Using the records below, find every line that includes "RECURRENCES" and copy it.

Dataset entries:
--- --- ---

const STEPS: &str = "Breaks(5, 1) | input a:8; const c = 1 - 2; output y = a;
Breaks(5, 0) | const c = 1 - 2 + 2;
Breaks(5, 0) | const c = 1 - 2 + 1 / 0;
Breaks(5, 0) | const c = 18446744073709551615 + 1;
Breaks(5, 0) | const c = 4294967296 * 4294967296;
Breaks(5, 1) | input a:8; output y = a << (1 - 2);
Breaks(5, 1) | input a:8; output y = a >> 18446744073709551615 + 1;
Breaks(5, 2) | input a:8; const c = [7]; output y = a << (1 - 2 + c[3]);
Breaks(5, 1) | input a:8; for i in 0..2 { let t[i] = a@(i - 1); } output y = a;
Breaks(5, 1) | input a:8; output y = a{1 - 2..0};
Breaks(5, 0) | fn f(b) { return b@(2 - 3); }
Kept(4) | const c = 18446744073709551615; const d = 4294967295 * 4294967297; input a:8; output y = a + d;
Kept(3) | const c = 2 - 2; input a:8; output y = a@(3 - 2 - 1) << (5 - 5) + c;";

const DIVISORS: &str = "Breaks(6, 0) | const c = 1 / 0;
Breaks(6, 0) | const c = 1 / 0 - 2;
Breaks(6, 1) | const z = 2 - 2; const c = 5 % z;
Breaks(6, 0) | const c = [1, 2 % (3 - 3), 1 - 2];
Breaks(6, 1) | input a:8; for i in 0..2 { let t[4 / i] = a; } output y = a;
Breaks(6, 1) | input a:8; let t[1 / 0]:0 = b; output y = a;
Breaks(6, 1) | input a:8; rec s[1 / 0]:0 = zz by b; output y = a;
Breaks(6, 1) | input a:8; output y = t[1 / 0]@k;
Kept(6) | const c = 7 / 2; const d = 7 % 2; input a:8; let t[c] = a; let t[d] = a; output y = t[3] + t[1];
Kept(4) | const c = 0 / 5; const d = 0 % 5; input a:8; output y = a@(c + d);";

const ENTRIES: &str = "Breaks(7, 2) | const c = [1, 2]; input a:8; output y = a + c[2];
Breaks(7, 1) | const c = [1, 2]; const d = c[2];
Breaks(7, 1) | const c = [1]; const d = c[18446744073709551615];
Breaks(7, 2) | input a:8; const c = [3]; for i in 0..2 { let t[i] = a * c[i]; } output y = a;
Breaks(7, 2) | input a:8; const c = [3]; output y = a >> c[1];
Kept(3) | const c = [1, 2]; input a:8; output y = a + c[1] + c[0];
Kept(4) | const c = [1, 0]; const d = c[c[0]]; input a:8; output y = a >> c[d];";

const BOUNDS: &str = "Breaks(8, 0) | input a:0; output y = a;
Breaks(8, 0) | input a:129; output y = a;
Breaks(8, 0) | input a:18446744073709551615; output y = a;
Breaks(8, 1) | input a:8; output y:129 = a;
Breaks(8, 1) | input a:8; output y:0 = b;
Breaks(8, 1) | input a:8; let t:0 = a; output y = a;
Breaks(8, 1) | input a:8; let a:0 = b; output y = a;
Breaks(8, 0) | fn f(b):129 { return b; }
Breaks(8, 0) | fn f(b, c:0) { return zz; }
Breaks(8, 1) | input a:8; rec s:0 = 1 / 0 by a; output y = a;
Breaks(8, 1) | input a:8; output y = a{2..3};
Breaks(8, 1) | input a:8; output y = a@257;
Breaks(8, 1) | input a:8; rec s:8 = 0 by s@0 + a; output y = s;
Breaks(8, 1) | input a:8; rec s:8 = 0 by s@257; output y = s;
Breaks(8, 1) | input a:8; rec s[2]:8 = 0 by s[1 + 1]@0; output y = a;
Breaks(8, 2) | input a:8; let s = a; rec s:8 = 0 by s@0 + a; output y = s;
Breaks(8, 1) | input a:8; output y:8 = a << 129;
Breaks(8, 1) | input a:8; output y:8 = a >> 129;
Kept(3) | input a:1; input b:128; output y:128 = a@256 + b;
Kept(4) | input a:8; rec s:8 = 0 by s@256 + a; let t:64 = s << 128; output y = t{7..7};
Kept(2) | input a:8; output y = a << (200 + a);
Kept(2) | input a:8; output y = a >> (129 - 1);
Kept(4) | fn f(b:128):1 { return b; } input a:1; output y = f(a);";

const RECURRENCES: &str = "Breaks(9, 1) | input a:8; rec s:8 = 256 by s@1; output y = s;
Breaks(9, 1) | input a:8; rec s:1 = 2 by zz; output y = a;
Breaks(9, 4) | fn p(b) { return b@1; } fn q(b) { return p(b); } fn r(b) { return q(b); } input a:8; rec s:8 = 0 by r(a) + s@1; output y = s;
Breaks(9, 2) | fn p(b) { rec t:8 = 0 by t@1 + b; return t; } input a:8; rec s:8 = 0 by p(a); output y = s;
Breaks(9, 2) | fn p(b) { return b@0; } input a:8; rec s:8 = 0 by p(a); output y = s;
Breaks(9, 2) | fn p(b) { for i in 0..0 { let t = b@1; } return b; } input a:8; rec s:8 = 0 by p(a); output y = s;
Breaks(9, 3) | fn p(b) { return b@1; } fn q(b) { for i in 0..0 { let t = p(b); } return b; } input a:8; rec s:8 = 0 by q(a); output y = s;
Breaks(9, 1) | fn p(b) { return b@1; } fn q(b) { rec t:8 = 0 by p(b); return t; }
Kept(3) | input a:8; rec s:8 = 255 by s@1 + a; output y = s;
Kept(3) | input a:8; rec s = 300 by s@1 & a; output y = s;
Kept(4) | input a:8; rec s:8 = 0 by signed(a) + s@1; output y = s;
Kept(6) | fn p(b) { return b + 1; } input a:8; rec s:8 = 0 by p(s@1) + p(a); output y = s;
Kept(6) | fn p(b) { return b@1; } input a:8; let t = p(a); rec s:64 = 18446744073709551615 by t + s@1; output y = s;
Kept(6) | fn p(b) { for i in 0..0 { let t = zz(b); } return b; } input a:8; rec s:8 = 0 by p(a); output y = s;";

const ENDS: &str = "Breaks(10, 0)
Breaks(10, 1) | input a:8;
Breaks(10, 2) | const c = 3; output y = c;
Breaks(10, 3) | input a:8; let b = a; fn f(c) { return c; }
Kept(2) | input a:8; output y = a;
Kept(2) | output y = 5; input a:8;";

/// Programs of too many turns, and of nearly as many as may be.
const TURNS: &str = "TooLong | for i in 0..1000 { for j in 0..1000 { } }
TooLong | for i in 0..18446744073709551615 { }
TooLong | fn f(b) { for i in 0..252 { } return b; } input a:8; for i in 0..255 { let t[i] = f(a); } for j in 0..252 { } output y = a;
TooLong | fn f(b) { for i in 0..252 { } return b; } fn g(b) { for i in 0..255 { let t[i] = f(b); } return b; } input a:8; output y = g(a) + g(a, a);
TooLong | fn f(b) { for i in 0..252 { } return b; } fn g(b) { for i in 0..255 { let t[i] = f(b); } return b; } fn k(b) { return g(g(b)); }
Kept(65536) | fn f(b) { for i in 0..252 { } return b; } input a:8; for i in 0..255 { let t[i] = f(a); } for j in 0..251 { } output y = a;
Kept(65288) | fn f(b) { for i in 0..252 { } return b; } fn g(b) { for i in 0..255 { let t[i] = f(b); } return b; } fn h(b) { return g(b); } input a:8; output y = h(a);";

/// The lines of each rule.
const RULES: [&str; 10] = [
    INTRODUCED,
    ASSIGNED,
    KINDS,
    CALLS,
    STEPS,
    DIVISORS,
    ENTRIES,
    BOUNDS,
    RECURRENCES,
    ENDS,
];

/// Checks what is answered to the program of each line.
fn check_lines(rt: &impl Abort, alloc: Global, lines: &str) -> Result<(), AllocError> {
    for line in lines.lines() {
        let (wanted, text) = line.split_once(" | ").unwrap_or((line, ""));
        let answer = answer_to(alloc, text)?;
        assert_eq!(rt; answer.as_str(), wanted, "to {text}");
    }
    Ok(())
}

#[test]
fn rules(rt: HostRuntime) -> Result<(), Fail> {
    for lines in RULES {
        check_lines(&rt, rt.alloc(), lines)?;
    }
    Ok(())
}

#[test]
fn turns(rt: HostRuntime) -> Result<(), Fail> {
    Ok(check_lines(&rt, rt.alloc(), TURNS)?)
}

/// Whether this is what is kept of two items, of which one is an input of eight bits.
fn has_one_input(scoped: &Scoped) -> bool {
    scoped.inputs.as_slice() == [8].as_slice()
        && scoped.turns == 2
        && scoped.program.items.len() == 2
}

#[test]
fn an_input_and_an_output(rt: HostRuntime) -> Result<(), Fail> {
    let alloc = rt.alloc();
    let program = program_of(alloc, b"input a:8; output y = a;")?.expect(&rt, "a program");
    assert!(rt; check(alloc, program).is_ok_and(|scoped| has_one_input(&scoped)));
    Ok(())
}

--- --- ---

**Exercise response**
const RECURRENCES: &str = "Breaks(9, 1) | input a:8; rec s:8 = 256 by s@1; output y = s;
    RECURRENCES,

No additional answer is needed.